It's great to have your opinion on this.

I think one necessary condition for _if_ to introduce a conditional sentence is that what follows is not taken as axiomatic. _If X_ can't be a true condition where not-X is out of the question.

Applying this principle to your sentence:

_If he has stolen any of your property, you must report him to the police._

Is it possible that he has not stolen any of your property? No, I don't think it is. For that possibility to be open, wouldn't we say_ If he steals any of your property, you must report him to the police_, or, in the past, _If he had stolen any of your property, you should have reported him to the police_?

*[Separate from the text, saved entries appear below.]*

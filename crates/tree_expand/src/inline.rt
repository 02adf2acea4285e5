//! What an inline node becomes behind the walk over its leaves: the name of an equal type, or a definition of its own.

ghost use Rattle.std.specs.Prelude.{◌≡◌, ℕ, ◌+◌, ◌++◌, ◌∷◌, [], true, List, IfOk, OnOk, Some, None};
ghost use Rattle.comp_model.specs.CoreModules.{CoreModule};
ghost use Rattle.comp_model.specs.Model.{Leaves};
ghost use Rattle.comp_model.specs.Origins.{inline_type, bundle_of};
ghost use Rattle.comp_scopes.specs.References.{references};
ghost use Rattle.comp_expanded.specs.Expansion.{generated_names};
ghost use Rattle.comp_tree.specs.Entries.{entries_of};
ghost use Rattle.comp_tree.specs.Lists.{listed};
ghost use Rattle.comp_tree.specs.Marks.{places_of, inside_listed};
ghost use Rattle.comp_tree.specs.Model.{id_of};
ghost use Rattle.comp_wire.specs.Origins.{origin_of};
ghost use Rattle.type_keys.specs.Keys.{part_end, LeavesPassed, stands_for};
ghost use Rattle.tree_expand.specs.KeyParts.{begun_parts, leaves_parts, KeyShows};
ghost use Rattle.tree_expand.specs.Known.{Shows};
ghost use Rattle.tree_expand.specs.Numbering.{id_numbered, noted_inline};
ghost use Rattle.tree_expand.specs.Passed.{Noted, types_in};
ghost use Rattle.tree_expand.specs.Walked.{NamedBy};

use crate::key::is_shared;
use crate::known::{Known, push_part, push_type};
use crate::names::generate;
use crate::parts::{Own, Parts, append, push_generated};
use crate::places::Places;
use crate::position::id_by_number;
use bumpalo::Bump;
use comp_model::Row;
use comp_tree::{Def, Leaf, Node, place};
use comp_wire::Origin;
use std::alloc::AllocError;
use std::mem;
use type_keys::{KeyPart, TypeKey};
use wast_parser::{Gensym, Id};

/// The number of the type to which one of this row and key is equal, if there is one.
fn find_equal<'a>(known: &Known<'a>, row: Row, key: &Option<TypeKey<'a>>) -> Option<u32>
    ensures { (xs : List Noted) (ls : Leaves) → Shows known.now xs → KeyShows key.now ((begun_parts true row ++ leaves_parts (types_in xs) ls) ++ part_end ∷ []) → LeavesPassed (types_in xs) ls → result ≡ stands_for (types_in xs) row ls }
{
    if !is_shared(row) {
        return None;
    }
    known.find(key)
}

/// Notes an inline type to which no earlier one is equal, if it may be shared, and answers the number that stands for it. Its key is taken.
fn note_own<'a>(
    known: &mut Known<'a>,
    row: Row,
    key: &mut Option<TypeKey<'a>>,
    id: Id<'a>,
) -> Result<Option<u32>, AllocError>
    ensures { (xs : List Noted) (ls : Leaves) (k u : ℕ) → Shows known.old xs → KeyShows key.old ((begun_parts true row ++ leaves_parts (types_in xs) ls) ++ part_end ∷ []) → LeavesPassed (types_in xs) ls → stands_for (types_in xs) row ls ≡ None → IfOk result (λ n. Shows known.new (xs ++ noted_inline k u row ls (id_of id.entry)) × (n ≡ stands_for (types_in (xs ++ noted_inline k u row ls (id_of id.entry))) row ls)) }
{
    if !is_shared(row) {
        return Ok(None);
    }
    let keyed = key.is_some();
    let taken = mem::replace(key, None);
    let number = known.note(taken, Some(id))?;
    Ok(if keyed { Some(number) } else { None })
}

/// Puts the definition for inline node `number` of a definition behind others, and answers its id, in the arena, and the number that stands
/// for the type.
fn push_own<'t, 'a>(
    bump: &'t Bump,
    inlined: &mut Vec<Def<'t, 'a>>,
    known: &mut Known<'a>,
    origin: Origin,
    node: Node<'t, 'a>,
    places: &Places,
    key: &mut Option<TypeKey<'a>>,
    gensym: &mut Gensym,
) -> Result<(&'t Id<'a>, Option<u32>), AllocError>
    ensures made { OnOk result (gensym.new.made ≡ gensym.old.made + 1) }
    ensures id { IfOk result (λ r. id_of r.0.now ≡ id_numbered (gensym.old.made + 1)) }
    ensures pushed { (cores : List CoreModule) → IfOk result (λ r. entries_of cores inlined.new.items ≡ entries_of cores inlined.old.items ++ record { origin = origin_of origin; places = places_of places.now.list.items (references (listed cores node.entry.leaves.now)); held = inside_listed cores node.entry.leaves.now; names = generated_names (Some (id_of r.0.now)); head = node.entry.row; leaves = listed cores node.entry.leaves.now } ∷ []) }
    ensures noted { (xs : List Noted) (ls : Leaves) (k u : ℕ) → Shows known.old xs → KeyShows key.old ((begun_parts true node.entry.row ++ leaves_parts (types_in xs) ls) ++ part_end ∷ []) → LeavesPassed (types_in xs) ls → stands_for (types_in xs) node.entry.row ls ≡ None → IfOk result (λ r. Shows known.new (xs ++ noted_inline k u node.entry.row ls (id_of r.0.now)) × (r.1 ≡ stands_for (types_in (xs ++ noted_inline k u node.entry.row ls (id_of r.0.now))) node.entry.row ls)) }
{
    let id = generate(gensym)?;
    let places = places.placed(bump)?;
    let name = push_generated(bump, inlined, origin, id, places, node)?;
    let number = note_own(known, node.row, key, id)?;
    Ok((name, number))
}

/// Names inline node `number` of a definition, whose leaves have become these, while what belongs to it is `inner`, and `parts` go on with
/// what belongs to the node around it. Answers the id of the first type that is equal, or that of a definition for the node, which stands
/// behind those for what is in it.
pub(crate) fn name_inline<'t, 'a>(
    bump: &'t Bump,
    definition: u32,
    number: u32,
    node: &Node<'t, 'a>,
    leaves: &'t [Leaf<'t, 'a>],
    inner: &mut Own<'t, 'a>,
    parts: &mut Parts<'t, 'a>,
    gensym: &mut Gensym,
) -> Result<&'t Id<'a>, AllocError>
    ensures reference { OnOk result (parts.new.reference ≡ parts.old.reference) }
    ensures bundles { OnOk result (parts.new.own.bundles ≡ parts.old.own.bundles) }
    ensures places { OnOk result (parts.new.own.places ≡ parts.old.own.places) }
    ensures named { (cores : List CoreModule) (xs : List Noted) → Shows parts.old.known xs → KeyShows inner.old.key (begun_parts true node.now.row ++ leaves_parts (types_in xs) (listed cores node.now.leaves.now)) → LeavesPassed (types_in xs) (listed cores node.now.leaves.now) → IfOk result (λ r. NamedBy xs definition number node.now.row (listed cores node.now.leaves.now) (λ x. record { origin = inline_type definition number; places = places_of inner.old.places.list.items (references (listed cores leaves.now)); held = inside_listed cores leaves.now; names = generated_names (Some x); head = node.now.row; leaves = listed cores leaves.now }) (entries_of cores parts.old.inlined.items ++ entries_of cores inner.old.bundles.items) parts.old.own.key gensym.old.made (stands_for (types_in xs) node.now.row (listed cores node.now.leaves.now)) (id_of r.now) (entries_of cores parts.new.inlined.items) parts.new.own.key parts.new.known gensym.new.made) }
{
    append(&mut parts.inlined, &inner.bundles)?;
    push_part(&mut inner.key, KeyPart::End)?;
    match find_equal(&parts.known, node.row, &inner.key) {
        Some(found) => {
            push_type(&mut parts.own.key, Some(found))?;
            place(bump, id_by_number(&parts.known.ids, found))
        }
        None => {
            let origin = Origin::InlineType {
                def: definition,
                place: number,
            };
            let row = node.row;
            let span = node.span;
            let (name, number) = push_own(
                bump,
                &mut parts.inlined,
                &mut parts.known,
                origin,
                Node { row, span, leaves },
                &inner.places,
                &mut inner.key,
                gensym,
            )?;
            push_type(&mut parts.own.key, number)?;
            Ok(name)
        }
    }
}

/// Names bundle `number` of a definition, whose leaves have become these, while what belongs to it is `inner`, and that to the node around
/// it is `own`. Answers the id of the definition for it.
pub(crate) fn name_bundle<'t, 'a>(
    bump: &'t Bump,
    definition: u32,
    number: u32,
    node: &Node<'t, 'a>,
    leaves: &'t [Leaf<'t, 'a>],
    inner: &Own<'t, 'a>,
    bundles: &mut Vec<Def<'t, 'a>>,
    gensym: &mut Gensym,
) -> Result<&'t Id<'a>, AllocError>
    ensures made { OnOk result (gensym.new.made ≡ gensym.old.made + 1) }
    ensures id { IfOk result (λ r. id_of r.now ≡ id_numbered (gensym.old.made + 1)) }
    ensures pushed { (cores : List CoreModule) → IfOk result (λ r. entries_of cores bundles.new.items ≡ (entries_of cores bundles.old.items ++ entries_of cores inner.now.bundles.items) ++ record { origin = bundle_of definition number; places = places_of inner.now.places.list.items (references (listed cores leaves.now)); held = inside_listed cores leaves.now; names = generated_names (Some (id_of r.now)); head = node.now.row; leaves = listed cores leaves.now } ∷ []) }
{
    append(bundles, &inner.bundles)?;
    let id = generate(gensym)?;
    let places = inner.places.placed(bump)?;
    let origin = Origin::Bundle {
        def: definition,
        place: number,
    };
    let row = node.row;
    let span = node.span;
    push_generated(
        bump,
        bundles,
        origin,
        id,
        places,
        Node { row, span, leaves },
    )
}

This is why I don't think your sentence is a true conditional; it's saying _Because he has stolen some of your property you must report him to the police._

I hope you won't mind if I add that I think it's easier looking at these examples if we avoid _musts, mights, shoulds, mays, woulds_, etc. because they can easily hide what tense one is using. Also they have so many different possible meanings, deontic, epistemic, etc. that examples are clearer if we avoid them.


----------



## Outsider

Thomas Tompion said:


> I think one necessary condition for _if_ to introduce a conditional sentence is that what follows is not taken as axiomatic.


Where do you draw the line between axiomatic and non-axiomatic? Is a new piece of information that you've only just learnt axiomatic?

What about the conditions in a mathematical theorem? Are they too axiomatic to be true conditionals?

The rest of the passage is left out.